Hinter Zweifeln kann ein Trennungswunsch liegen: Ein Liebesaus kommt eigentlich nie aus heiterem Himmel. Immer kündige sich an, wenn eine Beziehung auf eine Krise zusteuere, meint Wolfgang Krüger. Meist sei dies ein Prozess, bei dem Zweifel eine Rolle spielen. Summieren sie sich und lassen sich nicht besänftigen, können sie die Partnerschaft aushöhlen und letztlich zur Trennung beitragen. Wer allzu sehr zweifelt und an vielen Stellen unzufrieden ist mit der Beziehung, liebt vielleicht wirklich nicht genug, um diese Verbindung zu halten.

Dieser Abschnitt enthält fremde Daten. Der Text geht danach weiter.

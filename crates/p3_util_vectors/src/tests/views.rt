//! Views of arrays and moved vectors, compared with worked examples, and the kernels on views.
ghost use Rattle.std.specs.Prelude.{◌≤◌};

use crate::tests::calls::{Call, Put, count_swaps, count_writes, put_between};
use crate::tests::checks::{Shape, equal, found, numbers, same};
use p3_util::{
    as_base_slice, as_base_slice_mut, flat_len, flatten_to_base, reconstitute_from_base,
};
use std::alloc::Global;
use std::process::Abort;

/// Numbers of arrays and their lengths, and the number of their items.
const LENGTHS: [(usize, usize, Option<usize>); 4] = [
    (3, 4, Some(12)),
    (1 << 63, 2, None),
    (1 << 63, 1, Some(1 << 63)),
    (usize::MAX, 0, Some(0)),
];

/// Asserts that a view of `rows` has the items `wanted`, by their places and in order.
fn check_view<const N: usize>(rt: &impl Abort, rows: &[[u64; N]], wanted: &[u64]) {
    assert!(rt; flat_len(rows.len(), N).is_some());
    let view = as_base_slice(rows);
    equal(rt, &view.len(), &wanted.len());
    equal(rt, &view.is_empty(), &wanted.is_empty());
    for (place, item) in wanted.iter().enumerate() {
        same(rt, place, &view.get(place), &Some(item));
    }
    equal(rt, &view.get(wanted.len()), &None);
    assert!(rt; view.iter().eq(wanted.iter()) && view.into_iter().eq(wanted.iter()));
}

/// The same for a view that can be written.
fn check_view_mut<const N: usize>(rt: &impl Abort, rows: &mut [[u64; N]], wanted: &[u64]) {
    assert!(rt; flat_len(rows.len(), N).is_some());
    let view = as_base_slice_mut(rows);
    equal(rt, &view.len(), &wanted.len());
    equal(rt, &view.is_empty(), &wanted.is_empty());
    for (place, item) in wanted.iter().enumerate() {
        same(rt, place, &view.get(place).copied(), &Some(*item));
    }
    equal(rt, &view.get(wanted.len()).copied(), &None);
    assert!(rt; view.iter().eq(wanted.iter()));
}

/// The same for both views.
fn check_views<const N: usize>(rt: &impl Abort, rows: &mut [[u64; N]], wanted: &[u64]) {
    check_view(rt, rows, wanted);
    check_view_mut(rt, rows, wanted);
}

#[test]
fn lengths_and_items(rt: HostRuntime) {
    for (row, (count, n, wanted)) in LENGTHS.iter().enumerate() {
        same(&rt, row, &flat_len(*count, *n), wanted);
    }
    check_views(&rt, &mut [[1, 2, 3], [4, 5, 6]], &[1, 2, 3, 4, 5, 6]);
    check_views::<0>(&rt, &mut [[], [], [], [], []], &[]);
    let mut rows = [[1u64, 2], [3, 4]];
    let mut view = as_base_slice_mut(&mut rows);
    if let Some(item) = view.get_mut(3) {
        *item = 9;
    }
    assert!(rt; view.get_mut(4).is_none());
    equal(&rt, &rows, &[[1, 2], [3, 9]]);
}

#[test]
fn kernels_on_a_view(rt: HostRuntime) {
    let mut rows = [[0u64, 1], [2, 3], [4, 5], [6, 7]];
    let mut view = as_base_slice_mut(&mut rows);
    equal(&rt, &count_swaps(&rt, &mut view, Call::Reversal), &2);
    equal(&rt, &rows, &[[0, 4], [2, 6], [1, 5], [3, 7]]);
    let mut rows = [[0u64, 1], [2, 3], [4, 5], [6, 7]];
    let mut view = as_base_slice_mut(&mut rows);
    equal(&rt, &count_swaps(&rt, &mut view, Call::Rows(2)), &2);
    equal(&rt, &rows, &[[0, 1], [4, 5], [2, 3], [6, 7]]);
    let mut rows = [[0u64; 2]; 3];
    let mut view = as_base_slice_mut(&mut rows);
    let shape = Shape::new(3, 2);
    let writes = count_writes(&rt, Put::On, &[1, 2, 3, 4, 5, 6], &mut view, shape);
    equal(&rt, &writes, &6);
    equal(&rt, &rows, &[[1, 4], [2, 5], [3, 6]]);
}

/// 19 rows of 17 items: the numbers from 0 on.
fn numbered_rows() -> [[u64; 17]; 19] {
    let mut rows = [[0; 17]; 19];
    let mut next = 0u64;
    for row in rows.iter_mut() {
        for item in row.iter_mut() {
            *item = next;
            next = next.wrapping_add(1);
        }
    }
    rows
}

#[test]
fn transposes_between_views(rt: HostRuntime) {
    let mut turned = [[0u64; 2]; 3];
    let mut view = as_base_slice_mut(&mut turned);
    let shape = Shape::new(3, 2);
    let rows = [[0, 1, 2], [3, 4, 5]];
    let writes = put_between(&rt, &as_base_slice(&rows), &mut view, shape);
    equal(&rt, &writes, &6);
    equal(&rt, &turned, &[[0, 3], [1, 4], [2, 5]]);
    let mut none = [[0u64; 4]; 0];
    let mut view = as_base_slice_mut(&mut none);
    let shape = Shape::new(0, 5);
    let writes = put_between(&rt, &as_base_slice::<u64, 3>(&[]), &mut view, shape);
    equal(&rt, &writes, &0);
    let mut turned = [[0u64; 19]; 17];
    let mut view = as_base_slice_mut(&mut turned);
    let shape = Shape::new(17, 19);
    let rows = numbered_rows();
    let writes = put_between(&rt, &as_base_slice(&rows), &mut view, shape);
    equal(&rt, &writes, &323);
    let [first, second, .., last] = turned;
    equal(&rt, &(first[0], first[1]), &(0, 17));
    equal(&rt, &(second[0], second[1]), &(1, 18));
    equal(&rt, &last[18], &322);
}

/// Asserts that the numbers from 0 on are moved to arrays, which are the rows `wanted`, and back.
fn there_and_back<const N: usize>(rt: &impl Abort, alloc: Global, wanted: &[[u64; N]])
    requires { 1 ≤ N }
{
    let items = numbers(rt, alloc, wanted.len().saturating_mul(N));
    assert!(rt; items.len() % N == 0);
    let rows = found(rt, reconstitute_from_base::<u64, N>(alloc, items));
    equal(rt, &rows.as_slice(), &wanted);
    check_flattened(rt, alloc, rows, wanted.len().saturating_mul(N));
}

/// Asserts that the items of `rows` are the numbers below `count`.
fn check_flattened<const N: usize>(
    rt: &impl Abort,
    alloc: Global,
    rows: Vec<[u64; N]>,
    count: usize,
) {
    assert!(rt; flat_len(rows.len(), N).is_some());
    let items = found(rt, flatten_to_base(alloc, rows));
    equal(rt, &items.as_slice(), &numbers(rt, alloc, count).as_slice());
}

#[test]
fn vectors_there_and_back(rt: HostRuntime) {
    there_and_back(&rt, rt.alloc(), &[[0, 1], [2, 3], [4, 5], [6, 7]]);
    there_and_back::<2>(&rt, rt.alloc(), &[]);
    let none = found(&rt, <[[u64; 0]]>::to_vec(&[[], [], []], rt.alloc()));
    check_flattened(&rt, rt.alloc(), none, 0);
}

Fazit: Gute Zweifel, schlechte Zweifel?! Wie Sie mit der Unsicherheit umgehen können

Wer sich auf einen Partner festlegt, verzichtet zugleich auf unendlich viele andere potenzielle Partner – das ist die Krux an der Sache. Heute neigen viele Menschen dazu, sich alle Optionen offen zu halten, man könnte ja eine falsche Entscheidung treffen oder etwas verpassen. Angesichts der unendlich vielen Alternativen fällt es vielen schwer, verbindlich und ausschließlich »Ja« zu einer Person zu sagen. Insgeheim lassen sich manche nur halb auf eine feste Partnerschaft ein, frei nach der Devise »Mal schauen, ob noch was Besseres kommt«.

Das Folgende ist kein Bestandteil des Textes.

//! The order of exchanges and of writes in cases that show which path was taken. No test looks at
//! other orders.

use crate::noted::Noted;
use crate::tests::calls::{Call, Put, count_swaps, count_writes};
use crate::tests::checks::{Shape, equal, found, numbers, same};
use crate::tests::reversals::reversed;
use p3_util::transpose::Region;
use std::alloc::Global;
use std::process::Abort;

/// A list of the numbers below `len`, with room for notes of `exchanges` exchanges and `puts`
/// writes.
fn noted(rt: &impl Abort, alloc: Global, len: usize, exchanges: usize, puts: usize) -> Noted {
    Noted {
        items: numbers(rt, alloc, len),
        exchanges: found(rt, Vec::with_capacity(alloc, exchanges)),
        puts: found(rt, Vec::with_capacity(alloc, puts)),
    }
}

/// The exchanges that a call makes in a list of `len` items, in order. Their number is the one that
/// the call counts.
fn exchanges(rt: &impl Abort, alloc: Global, call: Call, len: usize) -> Vec<(usize, usize)> {
    let mut noted = noted(rt, alloc, len, len.saturating_mul(2), 0);
    let swaps = count_swaps(rt, &mut noted, call);
    let Noted { exchanges, .. } = noted;
    same(rt, len, &(exchanges.len() as u128), &swaps);
    exchanges
}

/// The row of `len` items in which a place is, and its place in the row.
fn row_and_place(place: usize, len: usize) -> (usize, usize) {
    let row = place.checked_div(len).unwrap_or(0);
    (row, place.checked_rem(len).unwrap_or(0))
}

/// Reversals on the short path: the digits of the number of rows, and the items of a row.
const SHORT: [(Call, usize, usize); 4] = [
    (Call::Reversal, 6, 1),
    (Call::Reversal, 7, 1),
    (Call::Reversal, 13, 1),
    (Call::Rows(3), 7, 3),
];

/// Row after row is exchanged, item by item, with the row whose number has the digits in reversed
/// order, if that row comes later.
#[test]
fn pairs_of_rows_in_order(rt: HostRuntime) {
    for &(call, digits, width) in &SHORT {
        let rows = 1usize << (digits % 64);
        let pairs = exchanges(&rt, rt.alloc(), call, rows.saturating_mul(width));
        let mut pairs = pairs.iter();
        for place in 0..rows.saturating_mul(width) {
            let (row, item) = row_and_place(place, width);
            let other = reversed(row, digits as u32);
            if row < other {
                let second = other.wrapping_mul(width).wrapping_add(item);
                same(&rt, place, &pairs.next(), &Some(&(place, second)));
            }
        }
        equal(&rt, &pairs.next(), &None);
    }
}

/// The logarithms of the sides of squares, and how many exchanges there are before the second half
/// of the columns across the diagonal, before the lower right quadrant, and in all.
const QUADRANTS: [(usize, [usize; 3]); 2] = [(4, [60, 92, 120]), (7, [4064, 6112, 8128])];

/// The sides of upper left corners of a square, and how many exchanges there are in them.
const CORNERS: [(usize, usize); 4] = [(8, 28), (16, 120), (32, 496), (64, 2016)];

/// The exchanges within the upper left quadrant come first, then those across the diagonal, then
/// those within the lower right quadrant. Of 16 rows, these are 28, 64 and 28.
#[test]
fn quadrants_in_order(rt: HostRuntime) {
    for &(log_size, [middle, across, all]) in &QUADRANTS {
        let side = 1usize << (log_size % 64);
        let half = side / 2;
        let call = Call::Square(0, log_size, log_size);
        let pairs = exchanges(&rt, rt.alloc(), call, side.saturating_mul(side));
        equal(&rt, &pairs.len(), &all);
        for (k, (first, second)) in pairs.iter().enumerate() {
            let (row, column) = row_and_place(*first, side);
            same(&rt, k, second, &column.wrapping_mul(side).wrapping_add(row));
            let (least, most) = (row.min(column), row.max(column));
            for &(corner, swaps) in &CORNERS {
                same(&rt, k, &(most < corner), &(k < swaps));
            }
            let left = least < half && most < half + half / 2;
            same(&rt, k, &(left, least < half), &(k < middle, k < across));
        }
    }
}

/// For an exchange on the long path of 16384 items, which are 128 chunks of 128: whether its items
/// are in two chunks, and whether it is across the diagonal of the square.
fn kind_of(first: usize, second: usize) -> (bool, bool) {
    let (chunk, other) = (first / 128, second / 128);
    let (place, place_in_other) = (first % 128, second % 128);
    let of_chunks = chunk != other && place == place_in_other;
    let mirrored = chunk != other && chunk == place_in_other && other == place;
    (of_chunks, mirrored)
}

/// There are 7168 exchanges of items in two chunks, 8128 across the diagonal of the square, and the
/// first 7168 again.
#[test]
fn long_path_in_order(rt: HostRuntime) {
    let pairs = exchanges(&rt, rt.alloc(), Call::Reversal, 16384);
    equal(&rt, &pairs.len(), &22464);
    for (k, (first, second)) in pairs.iter().enumerate() {
        let in_square = k >= 7168 && k < 15296;
        same(&rt, k, &kind_of(*first, *second), &(!in_square, in_square));
    }
    equal(&rt, &pairs.get(..7168), &pairs.get(15296..));
}

/// The places of the writes of a transpose, in order.
fn puts(rt: &impl Abort, alloc: Global, call: Put, shape: Shape) -> Vec<usize> {
    let input = numbers(rt, alloc, shape.len());
    let mut noted = noted(rt, alloc, shape.len(), 0, shape.len());
    let writes = count_writes(rt, call, &input, &mut noted, shape);
    let Noted { puts, .. } = noted;
    same(rt, shape.width, &(puts.len() as u128), &writes);
    puts
}

/// Asserts that in each group of `len` consecutive writes, all are in one part of a matrix of
/// `height` rows that is cut into parts of `side` columns and rows from the first write on.
fn check_parts(rt: &impl Abort, puts: &[usize], height: usize, len: usize, side: usize) {
    let first = puts.first().copied().unwrap_or(0);
    let mut part = (None, None);
    for (k, place) in puts.iter().enumerate() {
        let (x, y) = row_and_place(place.wrapping_sub(first), height);
        let here = (x.checked_div(side), y.checked_div(side));
        if k.checked_rem(len) == Some(0) {
            part = here;
        }
        same(rt, k, &here, &part);
    }
}

/// The rows and the columns of a region, each as a first one and the one after the last.
type Part = ([usize; 2], [usize; 2]);

/// Asserts that a transpose puts whole tiles by its first writes, as many as `tiled`, and then the
/// parts `plain`, each column after column. A tile has 16 columns and rows and is put in blocks of
/// 4 columns and rows.
fn check_tiled(rt: &impl Abort, puts: &[usize], height: usize, tiled: usize, plain: &[Part]) {
    let (tiles, others) = puts.split_at(tiled.min(puts.len()));
    check_parts(rt, tiles, height, 16, 4);
    check_parts(rt, tiles, height, 256, 16);
    let mut others = others.iter().copied();
    for &([top, bottom], [left, right]) in plain {
        for x in left..right {
            for y in top..bottom {
                let place = x.wrapping_mul(height).wrapping_add(y);
                same(rt, place, &others.next(), &Some(place));
            }
        }
    }
    equal(rt, &others.next(), &None);
}

/// Widths, heights, how many writes put whole tiles, and the parts that come after them.
const TILED: [(usize, usize, usize, &[Part]); 8] = [
    (255, 1, 0, &[([0, 1], [0, 255])]),
    (15, 17, 0, &[([0, 17], [0, 15])]),
    (
        17,
        19,
        256,
        &[
            ([0, 16], [16, 17]),
            ([16, 19], [0, 16]),
            ([16, 19], [16, 17]),
        ],
    ),
    (32, 32, 1024, &[]),
    (48, 32, 1536, &[]),
    (64, 64, 4096, &[]),
    (
        1000,
        120,
        111_104,
        &[
            ([0, 112], [992, 1000]),
            ([112, 120], [0, 992]),
            ([112, 120], [992, 1000]),
        ],
    ),
    (1024, 1024, 1_048_576, &[]),
];

/// After the whole tiles come the right edge, the bottom edge and the corner. A matrix of at most
/// 255 items is one part.
#[test]
fn tiles_and_edges_in_order(rt: HostRuntime) {
    for &(width, height, tiled, plain) in &TILED {
        let puts = puts(&rt, rt.alloc(), Put::On, Shape::new(width, height));
        check_tiled(&rt, &puts, height, tiled, plain);
    }
}

/// In a matrix of 40 rows of 50 items, a region of one tile, 5 columns beside it and 3 rows below.
#[test]
fn tiles_of_a_region_in_order(rt: HostRuntime) {
    let region = Region {
        row_start: 7,
        row_end: 26,
        col_start: 2,
        col_end: 23,
    };
    let puts = puts(&rt, rt.alloc(), Put::Region(region), Shape::new(50, 40));
    let plain = [
        ([7, 23], [18, 23]),
        ([23, 26], [2, 18]),
        ([23, 26], [18, 23]),
    ];
    check_tiled(&rt, &puts, 40, 256, &plain);
}

/// The first 16384 writes are all in one part of 128 columns and rows. The third part is below this
/// one; without a split it would be to the right of the second. The last part has 65 columns. In
/// each group of 16 writes, every write is right below the one before.
#[test]
fn parts_of_a_split_in_order(rt: HostRuntime) {
    let shape = Shape::new(1025, 1024);
    let puts = puts(&rt, rt.alloc(), Put::On, shape);
    equal(&rt, &puts.len(), &1_049_600);
    let mut next = 0;
    for (k, place) in puts.iter().enumerate() {
        let (x, y) = (*place / 1024, *place % 1024);
        same(&rt, k, &(k % 16 == 0 || *place == next), &true);
        if k < 16384 {
            same(&rt, k, &(x < 128 && y < 128), &true);
        }
        if k / 16384 == 2 {
            same(&rt, k, &(x < 128 && y / 128 == 1), &true);
        }
        if k >= 1_049_600 - 8320 {
            same(&rt, k, &(x >= 960 && y >= 896), &true);
        }
        next = place.wrapping_add(1);
    }
}

/// Of 129 rows of 3 items, the first 64 are put before the others, and the last row is the corner
/// of the second half. Without a split, the first 128 rows would be one part.
#[test]
fn halves_of_a_split_in_order(rt: HostRuntime) {
    let plain = [([0, 64], [0, 3]), ([64, 128], [0, 3]), ([128, 129], [0, 3])];
    for call in [Put::Split(64), Put::SourceSplit(64)] {
        let puts = puts(&rt, rt.alloc(), call, Shape::new(3, 129));
        check_tiled(&rt, &puts, 129, 0, &plain);
    }
}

Dabei sollten wir bei allem, was wir entscheiden müssen, immer bedenken: Wir können im Voraus nie sicher sein, ob wir die allerbeste Wahl getroffen haben. Wir müssen uns manchmal trauen, uns festzulegen, auch auf die Gefahr hin, dass wir irgendwann feststellen, dass wir falsch lagen. Zweifel wird es immer geben, und es ist nie verkehrt, eine kritische Zwischenbilanz zu ziehen. Machen sich dabei viele Zweifel bemerkbar, ist es Ihre Aufgabe, diesen auf den Grund gehen.

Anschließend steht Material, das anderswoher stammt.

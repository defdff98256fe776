//! Calls that reorder a list, compared with worked examples and the original crate.

use crate::Joined;
use crate::tests::calls::{Call, count_swaps, reverse_slice};
use crate::tests::checks::{Shape, check_places, check_transposed, copied, equal, found, same};
use crate::tests::items::{Item, items_of, numbered};
use crate::tests::oracle::reversals::REVERSALS;
use crate::tests::oracle::{hash, items};
use p3_util::laws::least_runs;
use p3_util::places::{SliceCells, SlicePlaces, Swaps, Writes};
use p3_util::reverse::fits_rows;
use std::alloc::Global;
use std::process::Abort;

const EIGHT: &[u64] = &[0, 1, 2, 3, 4, 5, 6, 7];

const REVERSED_EIGHT: &[u64] = &[0, 4, 2, 6, 1, 5, 3, 7];

/// Calls, lists, the lists afterwards, and the numbers of swaps.
const EXAMPLES: [(Call, &[u64], &[u64], u128); 17] = [
    (Call::Reversal, &[], &[], 0),
    (Call::Reversal, &[7], &[7], 0),
    (Call::Reversal, &[10, 20, 30, 40], &[10, 30, 20, 40], 1),
    (Call::Reversal, EIGHT, REVERSED_EIGHT, 2),
    (Call::Short, &[], &[], 0),
    (Call::Long, &[10, 20, 30, 40], &[10, 30, 20, 40], 1),
    (Call::Long, EIGHT, REVERSED_EIGHT, 2),
    (Call::Rows(5), &[], &[], 0),
    (Call::Rows(3), &[7, 8, 9], &[7, 8, 9], 0),
    (
        Call::Rows(3),
        &[0, 1, 2, 3, 4, 5, 6, 7, 8, 9, 10, 11],
        &[0, 1, 2, 6, 7, 8, 3, 4, 5, 9, 10, 11],
        3,
    ),
    (Call::Rows(1), EIGHT, REVERSED_EIGHT, 2),
    (Call::Chunks(2, 1), EIGHT, &[0, 1, 4, 5, 2, 3, 6, 7], 2),
    (Call::Chunks(0, 3), EIGHT, EIGHT, 0),
    (Call::Chunks(3, 0), EIGHT, REVERSED_EIGHT, 2),
    (Call::Chunks(0, 0), &[7], &[7], 0),
    (Call::Square(2, 2, 1), EIGHT, &[0, 1, 2, 6, 4, 5, 3, 7], 1),
    (Call::Square(1, 1, 0), &[7, 8, 9], &[7, 8, 9], 0),
];

/// Makes the call of a row on items of a type, and asserts which items are at which places
/// afterwards.
fn check_example<T: Item>(
    rt: &impl Abort,
    alloc: Global,
    call: Call,
    list: &[u64],
    wanted: &[u64],
) -> u128 {
    let mut got = found(rt, items_of::<T>(alloc, list));
    let swaps = count_swaps(rt, &mut SlicePlaces::new(&mut got), call);
    for (place, number) in wanted.iter().enumerate() {
        check_places(rt, &got, &[(place, *number)]);
    }
    swaps
}

/// The width of the rows that a call reverses, if the same call is there for a slice.
fn row_width_of(call: Call) -> Option<usize> {
    match call {
        Call::Reversal => Some(1),
        Call::Rows(row_width) => Some(row_width),
        _ => None,
    }
}

/// Lengths, widths of rows, and whether a list of that length consists of such rows and their
/// number is zero or a power of two.
const LENGTHS: [(usize, usize, bool); 10] = [
    (12, 3, true),
    (9, 3, false),
    (7, 7, true),
    (7, 8, false),
    (0, 0, true),
    (1, 0, false),
    (0, usize::MAX, true),
    (8, 1, true),
    (6, 1, false),
    (usize::MAX, usize::MAX, true),
];

/// Which lengths fit, and each example with items of 1, 3, 8 and 32 bytes.
#[test]
fn worked_examples(rt: HostRuntime) {
    for (row, (len, row_width, wanted)) in LENGTHS.iter().enumerate() {
        same(&rt, row, &fits_rows(*len, *row_width), wanted);
    }
    for (row, (call, list, wanted, swaps)) in EXAMPLES.iter().enumerate() {
        let counts = [
            check_example::<u8>(&rt, rt.alloc(), *call, list, wanted),
            check_example::<[u8; 3]>(&rt, rt.alloc(), *call, list, wanted),
            check_example::<u64>(&rt, rt.alloc(), *call, list, wanted),
            check_example::<[u64; 4]>(&rt, rt.alloc(), *call, list, wanted),
        ];
        same(&rt, row, &counts, &[*swaps; 4]);
        if let Some(row_width) = row_width_of(*call) {
            let mut got = copied(&rt, rt.alloc(), list);
            reverse_slice(&rt, &mut got, row_width);
            same(&rt, row, &got.as_slice(), wanted);
        }
    }
}

/// Calls on the numbers below a length, the numbers of swaps, and which items come to some places.
const NUMBERED: [(Call, usize, u128, &[(usize, u64)]); 12] = [
    (Call::Reversal, 256, 120, &[(1, 128), (3, 192), (128, 1)]),
    (Call::Reversal, 8192, 4032, &[(1, 4096), (4096, 1)]),
    (Call::Reversal, 16384, 22464, &[(1, 8192), (8192, 1)]),
    (
        Call::Reversal,
        32768,
        44928,
        &[(1, 16384), (3, 24576), (256, 64)],
    ),
    (Call::Reversal, 65536, 94080, &[(1, 32768), (256, 128)]),
    (Call::Short, 16384, 8128, &[(1, 8192)]),
    (Call::Long, 8192, 11200, &[(1, 4096)]),
    (Call::Rows(5), 80, 30, &[(5, 40), (44, 9)]),
    (Call::Chunks(7, 7), 16384, 7168, &[(128, 8192), (129, 8193)]),
    (Call::Square(0, 4, 4), 256, 120, &[(1, 16), (16, 1)]),
    (
        Call::Square(3, 5, 4),
        499,
        120,
        &[(4, 35), (35, 4), (2, 2), (498, 498)],
    ),
    (Call::Square(0, 0, 0), 1, 0, &[(0, 0)]),
];

/// Runs the rows with items of one type. The call on a slice puts the items back.
fn check_numbered<T: Item>(rt: &impl Abort, alloc: Global) {
    for (row, (call, len, swaps, places)) in NUMBERED.iter().enumerate() {
        let mut list = found(rt, numbered::<T>(alloc, *len));
        let count = count_swaps(rt, &mut SlicePlaces::new(&mut list), *call);
        same(rt, row, &count, swaps);
        check_places(rt, &list, places);
        if let Some(row_width) = row_width_of(*call) {
            reverse_slice(rt, &mut list, row_width);
            check_transposed(rt, &list, Shape::new(1, *len));
        }
    }
}

/// With every type of items.
#[test]
fn numbered_items(rt: HostRuntime) {
    check_numbered::<u8>(&rt, rt.alloc());
    check_numbered::<u32>(&rt, rt.alloc());
    check_numbered::<u64>(&rt, rt.alloc());
    check_numbered::<u128>(&rt, rt.alloc());
    check_numbered::<[u8; 3]>(&rt, rt.alloc());
    check_numbered::<[u8; 8]>(&rt, rt.alloc());
    check_numbered::<[u64; 4]>(&rt, rt.alloc());
}

/// The numbers of swaps of whole squares with sides of 2, 4, 8 and so on.
const SQUARES: [u128; 10] = [1, 6, 28, 120, 496, 2016, 8128, 32640, 130_816, 523_776];

/// Transposes these squares of items of one type.
fn check_squares<T: Item>(rt: &impl Abort, alloc: Global) {
    for (log, wanted) in (1usize..).zip(SQUARES) {
        let side = 1usize << (log % 64);
        let shape = Shape::new(side, side);
        let mut list = found(rt, numbered::<T>(alloc, shape.len()));
        let call = Call::Square(0, log, log);
        let swaps = count_swaps(rt, &mut SlicePlaces::new(&mut list), call);
        same(rt, side, &swaps, &wanted);
        check_transposed(rt, &list, shape);
    }
}

/// With every type of items. No other exchanges transpose a square in fewer steps.
#[test]
fn whole_squares(rt: HostRuntime) {
    least_runs();
    check_squares::<u8>(&rt, rt.alloc());
    check_squares::<u32>(&rt, rt.alloc());
    check_squares::<u64>(&rt, rt.alloc());
    check_squares::<u128>(&rt, rt.alloc());
    check_squares::<[u8; 3]>(&rt, rt.alloc());
    check_squares::<[u8; 8]>(&rt, rt.alloc());
    check_squares::<[u64; 4]>(&rt, rt.alloc());
}

/// A second reversal puts all items back.
#[test]
fn hashes_of_the_original(rt: HostRuntime) {
    for (k, wanted) in REVERSALS.iter().enumerate() {
        let before = items(&rt, rt.alloc(), 1usize << (k % 64));
        let mut list = copied(&rt, rt.alloc(), &before);
        reverse_slice(&rt, &mut list, 1);
        same(&rt, k, &hash(&list), wanted);
        reverse_slice(&rt, &mut list, 1);
        assert!(rt; list == before, "2^{k} items");
    }
}

/// Two slices, reversed as one list. A counter counts each step of its holder, and returns the
/// holder.
#[test]
fn joined_slices_and_counters(rt: HostRuntime) {
    let (mut front, mut back) = ([0u64, 1, 2], [3u64, 4, 5, 6, 7]);
    let mut joined = Joined::new(&mut front, &mut back);
    let swaps = count_swaps(&rt, &mut joined, Call::Reversal);
    equal(&rt, &swaps, &2);
    equal(&rt, &(front, back), &([0, 4, 2], [6, 1, 5, 3, 7]));
    let mut values = [10u64, 20, 30];
    let mut m = Swaps::new(SlicePlaces::new(&mut values));
    assert!(rt; m.len() == 3);
    m.swap(0, 1);
    m.swap(2, 1);
    equal(&rt, &m.swaps(), &2);
    let _ = m.into_inner();
    equal(&rt, &values, &[20, 30, 10]);
    let mut writes = Writes::new(SliceCells::new(&mut values));
    assert!(rt; writes.len() == 3);
    writes.put(1, 7);
    equal(&rt, &writes.writes(), &1);
    let _ = writes.into_inner();
    equal(&rt, &values, &[20, 7, 10]);
}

Wie Sie mit Zweifeln umgehen können – unsere Tipps

  • Zweifel sind bis zu einem gewissen Grad normal: Lassen Sie sich nicht ins Bockshorn jagen, wenn Sie über Ihre Partnerschaft ins Grübeln geraten.
  • Besinnen Sie sich auf die guten Seiten Ihrer Beziehung: Was gibt es da? Was verbindet Sie, warum kamen Sie zusammen?
  • Vertrauen, Respekt, körperliche Nähe und Gemeinsamkeiten – diese Zutaten einer Beziehung deuten darauf hin, dass Sie mit diesem Partner nicht falsch liegen. Fragen Sie sich, was davon auf Ihre Partnerschaft zutrifft.
  • Schreiben Sie auf, was Sie an Ihrer Beziehung stört – so verschaffen Sie sich einen Überblick über Ihre Zweifel.
  • Seien Sie ehrlich zu Ihrem Partner, sprechen Sie über Ihre Gefühle, aber machen Sie aus einer Mücke keinen Elefanten: Manch ein Zweifel löst sich in Luft auf, wenn man ihn zu fassen versucht.
  • Last but not least: Forschen Sie bei sich selbst nach, woher die Zweifel kommen und ob sie nicht mehr mit Ihnen persönlich, Ihrer Geschichte und Ihren Erfahrungen zu tun haben, als mit diesem Partner.